Часть 3. Вера
- Моя мама умерла семь лет назад, - тихо произнесла я. – Она долго болела. У родителей я была поздним ребенком. Мама родила меня в сорок три года. У них с отцом до встречи друг с другом были семьи и дети. Со стороны отца у меня есть сводная сестра, а со стороны мамы – брат. Брат – это вечная мамина боль. Он рос болезненным и очень требовательным человеком. Но мама безумно его любила. Иногда мне казалось, что меня она любит меньше. Глупо, конечно. А папа старше от мамы на шесть лет. Сейчас он стал вредным ворчливым стариком, который не хочет выходить из дома, и который вечно недоволен жизнью и ценами. Зато он все время меня опекает, как трехлетнего ребенка. Сестра взбесилась вконец и купила ему квартиру на одной с ними лестничной площадке.
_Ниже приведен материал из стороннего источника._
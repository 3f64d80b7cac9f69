//! Where a thread stands, as it is kept.
ghost use Rattle.std.specs.Prelude.{◌≡◌, ◌<◌, slice_get, OnSome};
ghost use Rattle.std.specs.Option.{option_copied};
ghost use Rattle.mz_words.specs.Steps.{reg, opening};

use mz_words::{Code, Instr, Stage, Waiting};
use sqlite_items::Items;
use std::alloc::Global;
use std::marker::Model;

/// Where a thread stands in the code of a program, and how far it is. Contracts see it as a `Standing`.
#[derive(Drop)]
pub struct Machine {
    pub(crate) alloc: Global,
    /// The number of its instruction.
    pub(crate) at: usize,
    /// The registers of the frame that runs.
    pub(crate) regs: Items<u64>,
    /// The frames that wait. The innermost, which waits for the frame that runs, is the last.
    pub(crate) below: Vec<Waiting>,
    pub(crate) units: u64,
    /// How many tries have failed since the last entry. The entry that closes the record leaves it.
    pub(crate) lost: u64,
    pub(crate) stage: Stage,
    /// How many registers the frames have that wait.
    pub(crate) deep: u64,
}

impl Model for Machine {
    ghost use Rattle.std.specs.Prelude.{◌≡◌, reverse};
    ghost use Rattle.mz_words.specs.Standing.{Standing};
    ghost use Rattle.mz_words.specs.Steps.{registers_of};

    ghost Value = { Standing };

    ghost view = { λ t. record { at = t.at; regs = t.regs; below = reverse t.below.items; units = t.units; lost = t.lost; stage = t.stage } };

    ghost invariant = { λ t. t.deep ≡ registers_of (reverse t.below.items) };
}

impl Machine {
    /// A thread that hasn't started. It takes no memory.
    pub fn start(alloc: Global) -> Machine
        ensures { result ≡ opening }
    {
        Machine {
            alloc,
            at: 0,
            regs: Items::new(alloc),
            below: Vec::new(alloc),
            units: 0,
            lost: 0,
            stage: Stage::Idle,
            deep: 0,
        }
    }

    /// A register, 0 where there is none.
    pub(crate) fn reg(&self, at: u32) -> u64
        ensures { result ≡ reg self.now at }
    {
        let regs = self.regs.as_slice();
        if (at as usize) < regs.len() {
            regs[at as usize]
        } else {
            0
        }
    }

    /// The instruction at which it is, which isn't copied.
    pub(crate) fn instr<'a>(&self, code: &'a Code) -> Option<&'a Instr>
        ensures is { option_copied result ≡ slice_get code.now.instrs self.now.at }
        ensures room { OnSome result (self.now.at < 18446744073709551615) }
    {
        let _all = code.instrs.len();
        code.instrs.get(self.at)
    }

    /// How many units it has made.
    pub(crate) fn units(&self) -> u64
        ensures { result ≡ self.now.units }
    {
        self.units
    }
}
Но он умудряется и ее к себе не пускать. А раньше он был учителем физики и математики в лицее. С детства пытался привить у меня любовь к точным наукам. Но это было не мое. В итоге мама все последние годы своей жизни покрывала мою учебу на инязе. Папа до сих пор думает, что я работаю на кафедре математики. Я говорила ему правду, но он отказался от нее и лучше с ним на эту тему не говорить вообще. Зато любит все вкусняшки, которые я ему приношу. Говорит, что у меня выпечка получается совсем как у мамы. Я все ее рецепты храню, как самое дорогое в мире сокровище. Она меня многому научила. У нас даже в меню есть фирменный абрикосовый пирог «Ольга» в честь нее.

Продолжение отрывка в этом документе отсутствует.